Instructions to follow: Return only the number of lines in the records below where the string "OnePasses" shows up.

-- -- --

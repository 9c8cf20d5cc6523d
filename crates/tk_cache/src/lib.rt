//! Caches: the objects of a journal as they stood at a front, which each kind has of its own. A cache moves its fronts by
//! the entries that it is told of, and changes its objects in place.
//!
//! `objects.rt` has the objects of one kind by their names, in order of creation, and lets one entry change them in
//! place; `advance.rt` goes from one position to a later one, `front.rt` finds the position that a delivery reaches,
//! `cache.rt` has the three fronts, `reads.rt` what is read. Beside the TaskRuns stand the runs as they are at that
//! front, since a child takes what its run had one entry earlier, and the names of each run's TaskRuns.
//! `specs/Views.antt` says what is seen, `Fronts.antt` how fronts move and when what is seen is a journal's,
//! `Written.antt` what one entry changes, `Children.antt` which TaskRuns are a run's.
#![tactic(auto)]

mod advance;
mod cache;
mod front;
pub mod laws;
mod objects;
mod reads;

pub use cache::Cache;
pub use front::{front_of, is_of, next_front};
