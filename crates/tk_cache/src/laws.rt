//! Laws of fronts: each call promises its law and does nothing.
ghost use Rattle.tk_cache.specs.Fronts.{DeliveredIsAllowed, Grown, ListedIsAllowed, NothingShows};
ghost use Rattle.tk_cache.specs.Passed.{FrontsDecide, OnePasses};

/// A delivery of n entries lets at most n more stand at or before the front.
pub fn delivered_is_allowed()
    ensures { DeliveredIsAllowed }
{}

/// At most as many entries stand at or before a front as its position says.
pub fn listed_is_allowed()
    ensures { ListedIsAllowed }
{}

/// What shows an empty journal shows each journal, of which it has seen nothing.
pub fn nothing_shows()
    ensures { NothingShows }
{}

/// What shows a journal still shows it once it has grown.
pub fn grown()
    ensures { Grown }
{}

/// Of a kind whose front stands where it stood, all is seen the same.
pub fn fronts_decide()
    ensures { FrontsDecide }
{}

/// A front that goes one position further passes one entry, and of its kind the object that this names alone has changed.
pub fn one_passes()
    ensures { OnePasses }
{}
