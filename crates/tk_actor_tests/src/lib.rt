//! Tests of what stands between the journal and the actors, over journals that `simulate` brings about, and a worked history.
//!
//! `journals.rt` has the journals and caches that show them, `read_tests.rt` objects at positions of them, `label_tests.rt`
//! kept labels beside labels made anew, `written_tests.rt` what is decided of entries that a file may have.
#![tactic(auto)]

#[cfg(test)]
mod journals;
#[cfg(test)]
mod label_tests;
#[cfg(test)]
mod read_tests;
#[cfg(test)]
mod written_tests;

ghost use Rattle.std.specs.Prelude.{◌∷◌};
ghost use Rattle.tk_journal.specs.Legal.{IsLegal};
ghost use Rattle.tk_actor_tests.specs.GracefulStop.{graceful_stop as history, h16, scheduled_b, LeavesStopped};

/// A run with a task `a`, a task `b` after it and a task `f` of `finally`. The first attempt of `a` fails, a user asks for
/// `StoppedRunFinally`, `a` passes at its retry, `b` is skipped, `f` runs, and the run ends False Cancelled. Scheduling
/// `b` behind the stop isn't legal.
#[tactic(auto, using(crate::proofs::GracefulStop::is_legal, crate::proofs::GracefulStop::leaves, crate::proofs::GracefulStop::b_is_not_scheduled))]
pub fn graceful_stop()
    ensures legal { IsLegal history }
    ensures ends { LeavesStopped history }
    ensures refused { IsLegal (scheduled_b ∷ h16) → ⊥ }
{}
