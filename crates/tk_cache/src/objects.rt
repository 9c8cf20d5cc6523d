ghost use Rattle.std.specs.Prelude.{◌≡◌, ◌++◌, ◌∷◌, [], ℕ, List, Some, None, true, bytes_eq, option_copied, IfOk, OnOk, if◌then◌else◌};
ghost use Rattle.tk_types.specs.declared.scenario.Kind.TheVariants.{Runs, TaskRuns, Pods};
ghost use Rattle.tk_journal.specs.Effects.{name_of, kind_of, same_kind, run_made, task_run_made, pod_made};
ghost use Rattle.tk_journal.specs.Made.{MakesOrChanges};
ghost use Rattle.tk_cache.specs.Children.{AreOwned, IsNoted};
ghost use Rattle.tk_cache.specs.Objects.{held_at, object_at, names_in};
ghost use Rattle.tk_cache.specs.Written.{AreRunsAfter, AreTaskRunsAfter, ArePodsAfter, names_after};

use indexmap::IndexMap;
use std::alloc::{AllocError, Global};
use tk_groups::Groups;
use tk_journal::{Act, Entry, PodState, RunState, TaskRunState};
use tk_types::Kind;

/// An object as it stands, with the position of the last entry that wrote it.
#[derive(Drop)]
pub(crate) struct Held<T> {
    pub(crate) object: T,
    pub(crate) version: u64,
}

/// The objects of a kind by their names, in order of creation.
pub(crate) type Objects<T> = IndexMap<String, Held<T>>;

/// Adds an object that isn't there yet.
fn add<T: Drop>(
    alloc: Global,
    objects: &mut Objects<T>,
    name: &str,
    held: Held<T>,
) -> Result<(), AllocError>
    requires absent { held_at objects.old name.now ≡ None }
    ensures at { OnOk result ((other : List ℕ) → held_at objects.new other ≡ (if bytes_eq name.now other then Some held else held_at objects.old other)) }
    ensures names { OnOk result (names_in objects.new ≡ names_in objects.old ++ name.now ∷ []) }
{
    let key = String::from_str(alloc, name)?;
    objects.insert(key, held)?;
    Ok(())
}

/// Lets an entry change the runs.
pub(crate) fn write_run(
    alloc: Global,
    runs: &mut Objects<RunState>,
    position: u64,
    entry: &Entry,
) -> Result<(), AllocError>
    requires kind { same_kind Runs (kind_of entry.now.act) ≡ true }
    requires fits { MakesOrChanges Runs entry.now (run_made entry.now.act) (object_at runs.old (name_of entry.now.act)) }
    ensures at { OnOk result (AreRunsAfter entry.now position runs.old runs.new) }
    ensures names { OnOk result (names_in runs.new ≡ names_after Runs entry.now.act (names_in runs.old)) }
{
    let name = entry.act.name();
    if let Some(held) = runs.get_mut(name) {
        held.object.apply(alloc, entry.moment, &entry.act)?;
        held.version = position;
        return Ok(());
    }
    if let Some(object) = RunState::made(alloc, &entry.act)? {
        let version = position;
        add(alloc, runs, name, Held { object, version })?;
    }
    Ok(())
}

/// Lets an entry change the pods.
pub(crate) fn write_pod(
    alloc: Global,
    pods: &mut Objects<PodState>,
    position: u64,
    entry: &Entry,
) -> Result<(), AllocError>
    requires kind { same_kind Pods (kind_of entry.now.act) ≡ true }
    requires fits { MakesOrChanges Pods entry.now (pod_made entry.now.act) (object_at pods.old (name_of entry.now.act)) }
    ensures at { OnOk result (ArePodsAfter entry.now position pods.old pods.new) }
    ensures names { OnOk result (names_in pods.new ≡ names_after Pods entry.now.act (names_in pods.old)) }
{
    let name = entry.act.name();
    if let Some(held) = pods.get_mut(name) {
        held.object.apply(alloc, entry.actor, &entry.act)?;
        held.version = position;
        return Ok(());
    }
    if let Some(object) = PodState::made(alloc, &entry.act)? {
        let version = position;
        add(alloc, pods, name, Held { object, version })?;
    }
    Ok(())
}

/// An object by its name.
pub(crate) fn object_of<'a, T>(objects: &'a Objects<T>, name: &str) -> Option<&'a T>
    ensures { option_copied result ≡ object_at objects.now name.now }
{
    match objects.get(name) {
        Some(held) => Some(&held.object),
        None => None,
    }
}

/// The TaskRun that an entry makes, if it makes one.
fn task_run_made(
    alloc: Global,
    runs: &Objects<RunState>,
    act: &Act,
) -> Result<Option<TaskRunState>, AllocError>
    ensures { IfOk result (λ made. made ≡ task_run_made (object_at runs.now) act.now) }
{
    if let Act::MakeTaskRun { run, .. } = act {
        return TaskRunState::made(alloc, act, object_of(runs, run.as_str()));
    }
    TaskRunState::made(alloc, act, None)
}

/// Notes the name of a TaskRun that is new among those of its run, where it has one.
fn note(owned: &mut Groups, task_run: &TaskRunState, name: &str) -> Result<(), AllocError>
    ensures { OnOk result (IsNoted task_run.now.run name.now owned.old owned.new) }
{
    if let Some(run) = &task_run.run {
        owned.add(run.as_str(), name)?;
    }
    Ok(())
}

/// Lets an entry change the TaskRuns and what is kept of whose they are, beside the runs as they stand before it.
pub(crate) fn write_task_run(
    alloc: Global,
    task_runs: &mut Objects<TaskRunState>,
    owned: &mut Groups,
    runs: &Objects<RunState>,
    position: u64,
    entry: &Entry,
) -> Result<(), AllocError>
    requires kind { same_kind TaskRuns (kind_of entry.now.act) ≡ true }
    requires fits { MakesOrChanges TaskRuns entry.now (task_run_made (object_at runs.now) entry.now.act) (object_at task_runs.old (name_of entry.now.act)) }
    requires owned { AreOwned task_runs.old owned.old }
    ensures at { OnOk result (AreTaskRunsAfter (object_at runs.now) entry.now position task_runs.old task_runs.new) }
    ensures names { OnOk result (names_in task_runs.new ≡ names_after TaskRuns entry.now.act (names_in task_runs.old)) }
    ensures owned { OnOk result (AreOwned task_runs.new owned.new) }
{
    let name = entry.act.name();
    if let Some(held) = task_runs.get_mut(name) {
        held.object.apply(alloc, entry.moment, &entry.act)?;
        held.version = position;
        return Ok(());
    }
    if let Some(object) = task_run_made(alloc, runs, &entry.act)? {
        note(owned, &object, name)?;
        let version = position;
        add(alloc, task_runs, name, Held { object, version })?;
    }
    Ok(())
}
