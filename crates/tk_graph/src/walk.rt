ghost use Rattle.std.specs.Prelude.{◌≡◌, ◌<◌, ◌^◌, find, length, map, All, Contains, IfSome, IfOk};
ghost use Rattle.tk_types.specs.declared.task.PipelineTask.{PipelineTask};
ghost use Rattle.tk_graph.specs.Cycle.{name_at};
ghost use Rattle.tk_graph.specs.Removal.{is_left, parents_at, walked_from, IsInside};

use crate::removal::next_left;
use std::alloc::{AllocError, Global};
use tk_types::{List, PipelineTask, Text, TryCopy};

/// The first of some places that is left.
pub(crate) fn first_left(places: &[u32], ranks: &[u32]) -> Option<u32>
    requires { All (λ place. place < length ranks.now) places.now }
    ensures first { result ≡ find (is_left ranks.now) places.now }
    ensures among { IfSome result (Contains places.now) }
{
    let first = next_left(places, ranks, 0);
    if first < places.len() {
        Some(places[first])
    } else {
        None
    }
}

/// Goes from a place to its first parent that is left, until a place comes twice: the places from its first coming on.
pub(crate) fn walk(
    alloc: Global,
    above: &[List<u32>],
    ranks: &[u32],
    first: u32,
) -> Result<Vec<u32>, AllocError>
    requires few { length above.now < 2 ^ 32 }
    requires inside { IsInside above.now }
    requires count { length ranks.now ≡ length above.now }
    requires exists { first < length above.now }
    ensures walked { IfOk result (λ places. places.items ≡ walked_from (parents_at above.now) (is_left ranks.now) (length above.now) first) }
    ensures places { IfOk result (λ places. All (λ place. place < length above.now) places.items) }
{
    let count = above.len();
    let mut path = Vec::new(alloc);
    let mut coming: Vec<u32> = vec![in alloc; count as u32; count]?;
    let mut place = first;
    for step in 0..count + 1 {
        let before = coming[place as usize] as usize;
        if before < step {
            return Vec::from_slice(alloc, &path.as_slice()[before..]);
        }
        coming[place as usize] = step as u32;
        path.push(place)?;
        match first_left(above[place as usize].as_slice(), ranks) {
            Some(next) => place = next,
            None => return Ok(Vec::new(alloc)),
        }
    }
    Ok(Vec::new(alloc))
}

/// The names of the tasks at some places.
pub(crate) fn names_at(
    alloc: Global,
    tasks: &[PipelineTask],
    places: &[u32],
) -> Result<List<Text>, AllocError>
    requires { All (λ place. place < length tasks.now) places.now }
    ensures { IfOk result (λ names. names ≡ map (name_at tasks.now) places.now) }
{
    let mut names = List::new(alloc);
    for place in places {
        names.push(tasks[*place as usize].name.copy(alloc)?)?;
    }
    Ok(names)
}
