ghost use Rattle.std.specs.Prelude.{◌≡◌, ◌≤◌, length};
ghost use Rattle.tk_journal.specs.Effects.{kind_of, same_kind};
ghost use Rattle.tk_journal.specs.History.{front_of};
ghost use Rattle.tk_cache.specs.Fronts.{next_front};

use tk_journal::{Act, Fronts, Journal};
use tk_types::Kind;

/// Whether an entry's object is of this kind.
pub fn is_of(kind: Kind, act: &Act) -> bool
    ensures { result ≡ same_kind kind (kind_of act.now) }
{
    match (kind, act.kind()) {
        (Kind::Runs, Kind::Runs) | (Kind::TaskRuns, Kind::TaskRuns) | (Kind::Pods, Kind::Pods) =>
            true,
        _ => false,
    }
}

/// A kind's front.
pub fn front_of(kind: Kind, fronts: Fronts) -> u64
    ensures { result ≡ front_of kind fronts }
{
    match kind {
        Kind::Runs => fronts.runs,
        Kind::TaskRuns => fronts.task_runs,
        Kind::Pods => fronts.pods,
    }
}

/// A kind's front after so many entries more.
pub fn next_front(journal: &Journal, kind: Kind, n: u64, front: u64) -> u64
    requires within { front ≤ length journal.now.history }
    ensures value { result ≡ next_front kind n front journal.now.history }
    ensures order { front ≤ result }
    ensures within { result ≤ length journal.now.history }
{
    let mut left = n;
    let mut at = front;
    while 0 < left && at < journal.len() {
        if is_of(kind, &journal.entry(at + 1).act) {
            left -= 1;
        }
        at += 1;
    }
    at
}
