ghost use Rattle.std.specs.Prelude.{◌≡◌, ◌<◌, ◌^◌, length, find, not, option_map, IfOk};
ghost use Rattle.tk_graph.specs.Unknown.{first_unknown as first_unknown_of, is_known, unknown_name as unknown_name_of};

use crate::above::parent_names;
use crate::names::Names;
use std::alloc::{AllocError, Global};
use tk_types::{PipelineTask, Text, TryCopy};

/// The first of some names that no task has.
fn first_missing<'a>(names: &Names, wanted: &'a [Text]) -> Option<&'a Text>
    ensures { option_map (λ name. name.now) result ≡ find (λ name. not (is_known names.now name)) wanted.now }
{
    wanted.iter().find(|name| !names.contains(name.as_str()))
}

/// The first of a task's parent names that no task of these has. The task needn't be one of them. The only error is want of
/// memory.
pub fn unknown_name(
    alloc: Global,
    names: &Names,
    task: &PipelineTask,
) -> Result<Option<Text>, AllocError>
    ensures { IfOk result (λ found. found ≡ unknown_name_of names.now task.now) }
{
    let wanted = parent_names(alloc, task)?;
    match first_missing(names, wanted.as_slice()) {
        Some(name) => Ok(Some(name.copy(alloc)?)),
        None => Ok(None),
    }
}

/// The first task that names an unknown parent: its place, and the first such name.
pub(crate) fn first_unknown(alloc: Global, names: &Names) -> Result<Option<(u32, Text)>, AllocError>
    requires { length names.now < 2 ^ 32 }
    ensures { IfOk result (λ found. found ≡ first_unknown_of names.now) }
{
    let tasks = names.tasks();
    for (place, task) in tasks.iter().enumerate() {
        if let Some(name) = unknown_name(alloc, names, task)? {
            return Ok(Some((place as u32, name)));
        }
    }
    Ok(None)
}
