ghost use Rattle.std.specs.Prelude.{◌≡◌, ◌≤◌, ◌<◌, ◌+◌, ◌^◌, length, OnOk};
ghost use Rattle.tk_journal.specs.History.{past, run_of};
ghost use Rattle.tk_journal.specs.Legal.{IsLegal};
ghost use Rattle.tk_cache.specs.Children.{AreOwned};
ghost use Rattle.tk_cache.specs.Shown.{ArePods, AreRuns, AreTaskRuns, Stand};

use crate::front::is_of;
use crate::objects::{Objects, write_pod, write_run, write_task_run};
use std::alloc::{AllocError, Global};
use tk_groups::Groups;
use tk_journal::{Journal, PodState, RunState, TaskRunState};
use tk_types::Kind;

/// The runs one position further.
fn pass_run(
    alloc: Global,
    runs: &mut Objects<RunState>,
    journal: &Journal,
    place: u64,
) -> Result<(), AllocError>
    requires legal { IsLegal journal.now.history }
    requires within { place < length journal.now.history }
    requires small { place + 1 < 2 ^ 64 }
    requires shows { AreRuns (past place journal.now.history) runs.old }
    ensures { OnOk result (AreRuns (past (place + 1) journal.now.history) runs.new) }
{
    let entry = journal.entry(place + 1);
    if !is_of(Kind::Runs, &entry.act) {
        return Ok(());
    }
    write_run(alloc, runs, place + 1, entry)?;
    Ok(())
}

/// The pods one position further.
fn pass_pod(
    alloc: Global,
    pods: &mut Objects<PodState>,
    journal: &Journal,
    place: u64,
) -> Result<(), AllocError>
    requires legal { IsLegal journal.now.history }
    requires within { place < length journal.now.history }
    requires small { place + 1 < 2 ^ 64 }
    requires shows { ArePods (past place journal.now.history) pods.old }
    ensures { OnOk result (ArePods (past (place + 1) journal.now.history) pods.new) }
{
    let entry = journal.entry(place + 1);
    if !is_of(Kind::Pods, &entry.act) {
        return Ok(());
    }
    write_pod(alloc, pods, place + 1, entry)?;
    Ok(())
}

/// The runs at a position, from those at an earlier one.
pub(crate) fn advance_runs(
    alloc: Global,
    runs: &mut Objects<RunState>,
    journal: &Journal,
    from: u64,
    to: u64,
) -> Result<(), AllocError>
    requires legal { IsLegal journal.now.history }
    requires order { from ≤ to }
    requires within { to ≤ length journal.now.history }
    requires shows { AreRuns (past from journal.now.history) runs.old }
    ensures { OnOk result (AreRuns (past to journal.now.history) runs.new) }
{
    for place in from..to {
        pass_run(alloc, runs, journal, place)?;
    }
    Ok(())
}

/// The pods at a position, from those at an earlier one.
pub(crate) fn advance_pods(
    alloc: Global,
    pods: &mut Objects<PodState>,
    journal: &Journal,
    from: u64,
    to: u64,
) -> Result<(), AllocError>
    requires legal { IsLegal journal.now.history }
    requires order { from ≤ to }
    requires within { to ≤ length journal.now.history }
    requires shows { ArePods (past from journal.now.history) pods.old }
    ensures { OnOk result (ArePods (past to journal.now.history) pods.new) }
{
    for place in from..to {
        pass_pod(alloc, pods, journal, place)?;
    }
    Ok(())
}

/// The runs beside the TaskRuns one position further.
fn pass_beside(
    alloc: Global,
    runs: &mut Objects<RunState>,
    journal: &Journal,
    place: u64,
) -> Result<(), AllocError>
    requires legal { IsLegal journal.now.history }
    requires within { place < length journal.now.history }
    requires small { place + 1 < 2 ^ 64 }
    requires stand { Stand (run_of (past place journal.now.history)) runs.old }
    ensures { OnOk result (Stand (run_of (past (place + 1) journal.now.history)) runs.new) }
{
    let entry = journal.entry(place + 1);
    if !is_of(Kind::Runs, &entry.act) {
        return Ok(());
    }
    write_run(alloc, runs, place + 1, entry)?;
    Ok(())
}

/// The TaskRuns one position further, beside the runs as they stand there.
fn pass_task_run(
    alloc: Global,
    task_runs: &mut Objects<TaskRunState>,
    owned: &mut Groups,
    runs: &Objects<RunState>,
    journal: &Journal,
    place: u64,
) -> Result<(), AllocError>
    requires legal { IsLegal journal.now.history }
    requires within { place < length journal.now.history }
    requires small { place + 1 < 2 ^ 64 }
    requires runs { Stand (run_of (past place journal.now.history)) runs.now }
    requires shows { AreTaskRuns (past place journal.now.history) task_runs.old }
    requires owned { AreOwned task_runs.old owned.old }
    ensures shows { OnOk result (AreTaskRuns (past (place + 1) journal.now.history) task_runs.new) }
    ensures owned { OnOk result (AreOwned task_runs.new owned.new) }
{
    let entry = journal.entry(place + 1);
    if !is_of(Kind::TaskRuns, &entry.act) {
        return Ok(());
    }
    write_task_run(alloc, task_runs, owned, runs, place + 1, entry)?;
    Ok(())
}

/// The TaskRuns at a position, and the runs there, from those at an earlier one.
pub(crate) fn advance_task_runs(
    alloc: Global,
    task_runs: &mut Objects<TaskRunState>,
    owned: &mut Groups,
    runs: &mut Objects<RunState>,
    journal: &Journal,
    from: u64,
    to: u64,
) -> Result<(), AllocError>
    requires legal { IsLegal journal.now.history }
    requires order { from ≤ to }
    requires within { to ≤ length journal.now.history }
    requires beside { Stand (run_of (past from journal.now.history)) runs.old }
    requires shows { AreTaskRuns (past from journal.now.history) task_runs.old }
    requires owned { AreOwned task_runs.old owned.old }
    ensures beside { OnOk result (Stand (run_of (past to journal.now.history)) runs.new) }
    ensures shows { OnOk result (AreTaskRuns (past to journal.now.history) task_runs.new) }
    ensures owned { OnOk result (AreOwned task_runs.new owned.new) }
{
    for place in from..to {
        pass_task_run(alloc, task_runs, owned, runs, journal, place)?;
        pass_beside(alloc, runs, journal, place)?;
    }
    Ok(())
}
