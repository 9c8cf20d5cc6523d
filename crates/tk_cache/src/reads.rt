ghost use Rattle.std.specs.Prelude.{◌≡◌, ◌<◌, ℕ, List as Items, length, slice_get, Some, option_copied};
ghost use Rattle.std.specs.Map.{keys_of};
ghost use Rattle.tk_cache.specs.Children.{children_of};
ghost use Rattle.tk_places.specs.Places.{IsPlaceOf};
ghost use Rattle.tk_cache.specs.Views.{named, object_in, seen, version_in};

use crate::cache::Cache;
use crate::objects::{Objects, object_of};
use tk_journal::{Fronts, PodState, RunState, TaskRunState};
use tk_types::{Kind, Text};

/// An object by its name.
fn object<'a, T>(objects: &'a Objects<T>, name: &str) -> Option<&'a T>
    ensures { option_copied result ≡ object_in (named objects.now) name.now }
{
    object_of(objects, name)
}

/// An object's version, and 0 where it isn't there.
fn version_of<T>(objects: &Objects<T>, name: &str) -> u64
    ensures { result ≡ version_in (named objects.now) name.now }
{
    match objects.get(name) {
        Some(held) => held.version,
        None => 0,
    }
}

/// The name at a place, in order of creation.
fn name_at<T>(objects: &Objects<T>, place: u64) -> &str
    requires within { place < length (keys_of (named objects.now)) }
    ensures { slice_get (keys_of (named objects.now)) place ≡ Some result.now }
{
    match objects.get_index(place as usize) {
        Some((name, _)) => name.as_str(),
        None => unreachable!(),
    }
}

/// The place of a name, in order of creation.
fn place_of<T>(objects: &Objects<T>, name: &str) -> Option<u64>
    ensures { IsPlaceOf (keys_of (named objects.now)) name.now result }
{
    match objects.get_index_of(name) {
        Some(place) => Some(place as u64),
        None => None,
    }
}

/// The object at a place, in order of creation.
fn at<T>(objects: &Objects<T>, place: u64) -> &T
    requires within { place < length (keys_of (named objects.now)) }
    ensures { (name : Items ℕ) → slice_get (keys_of (named objects.now)) place ≡ Some name → object_in (named objects.now) name ≡ Some result.now }
{
    match objects.get_index(place as usize) {
        Some((_, held)) => &held.object,
        None => unreachable!(),
    }
}

impl Cache {
    /// The fronts.
    pub fn front(&self) -> Fronts
        ensures { result ≡ self.now.fronts }
    {
        self.fronts
    }

    /// The version of an object, and 0 where it isn't there.
    pub fn version(&self, kind: Kind, name: &str) -> u64
        ensures { result ≡ (seen self.now).versions kind name.now }
    {
        match kind {
            Kind::Runs => version_of(&self.runs, name),
            Kind::TaskRuns => version_of(&self.task_runs, name),
            Kind::Pods => version_of(&self.pods, name),
        }
    }

    /// A run by its name.
    pub fn run(&self, name: &str) -> Option<&RunState>
        ensures { option_copied result ≡ (seen self.now).view.run name.now }
    {
        object(&self.runs, name)
    }

    /// A TaskRun by its name.
    pub fn task_run(&self, name: &str) -> Option<&TaskRunState>
        ensures { option_copied result ≡ (seen self.now).view.task_run name.now }
    {
        object(&self.task_runs, name)
    }

    /// A pod by its name.
    pub fn pod(&self, name: &str) -> Option<&PodState>
        ensures { option_copied result ≡ (seen self.now).view.pod name.now }
    {
        object(&self.pods, name)
    }

    /// How many runs there are.
    pub fn run_count(&self) -> u64
        ensures { result ≡ length (seen self.now).view.runs }
    {
        self.runs.len() as u64
    }

    /// How many TaskRuns there are.
    pub fn task_run_count(&self) -> u64
        ensures { result ≡ length (seen self.now).view.task_runs }
    {
        self.task_runs.len() as u64
    }

    /// How many pods there are.
    pub fn pod_count(&self) -> u64
        ensures { result ≡ length (seen self.now).view.pods }
    {
        self.pods.len() as u64
    }

    /// The name of the run at a place, in order of creation.
    pub fn run_name(&self, place: u64) -> &str
        requires within { place < length (seen self.now).view.runs }
        ensures { slice_get (seen self.now).view.runs place ≡ Some result.now }
    {
        name_at(&self.runs, place)
    }

    /// The name of the TaskRun at a place, in order of creation.
    pub fn task_run_name(&self, place: u64) -> &str
        requires within { place < length (seen self.now).view.task_runs }
        ensures { slice_get (seen self.now).view.task_runs place ≡ Some result.now }
    {
        name_at(&self.task_runs, place)
    }

    /// The name of the pod at a place, in order of creation.
    pub fn pod_name(&self, place: u64) -> &str
        requires within { place < length (seen self.now).view.pods }
        ensures { slice_get (seen self.now).view.pods place ≡ Some result.now }
    {
        name_at(&self.pods, place)
    }

    /// The run at a place, in order of creation.
    pub fn run_at(&self, place: u64) -> &RunState
        requires within { place < length (seen self.now).view.runs }
        ensures { (name : Items ℕ) → slice_get (seen self.now).view.runs place ≡ Some name → (seen self.now).view.run name ≡ Some result.now }
    {
        at(&self.runs, place)
    }

    /// The TaskRun at a place, in order of creation.
    pub fn task_run_at(&self, place: u64) -> &TaskRunState
        requires within { place < length (seen self.now).view.task_runs }
        ensures { (name : Items ℕ) → slice_get (seen self.now).view.task_runs place ≡ Some name → (seen self.now).view.task_run name ≡ Some result.now }
    {
        at(&self.task_runs, place)
    }

    /// The pod at a place, in order of creation.
    pub fn pod_at(&self, place: u64) -> &PodState
        requires within { place < length (seen self.now).view.pods }
        ensures { (name : Items ℕ) → slice_get (seen self.now).view.pods place ≡ Some name → (seen self.now).view.pod name ≡ Some result.now }
    {
        at(&self.pods, place)
    }

    /// The place of the TaskRun of this name, in order of creation, None where there is none.
    pub fn task_run_place(&self, name: &str) -> Option<u64>
        ensures { IsPlaceOf (seen self.now).view.task_runs name.now result }
    {
        place_of(&self.task_runs, name)
    }

    /// The place of the pod of this name, in order of creation, None where there is none.
    pub fn pod_place(&self, name: &str) -> Option<u64>
        ensures { IsPlaceOf (seen self.now).view.pods name.now result }
    {
        place_of(&self.pods, name)
    }

    /// The names of a run's TaskRuns, in order of creation.
    pub fn children(&self, run: &str) -> &[Text]
        ensures { result.now ≡ children_of (seen self.now).view run.now }
    {
        self.owned.of(run)
    }
}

-- -- --

Exercise answer: 2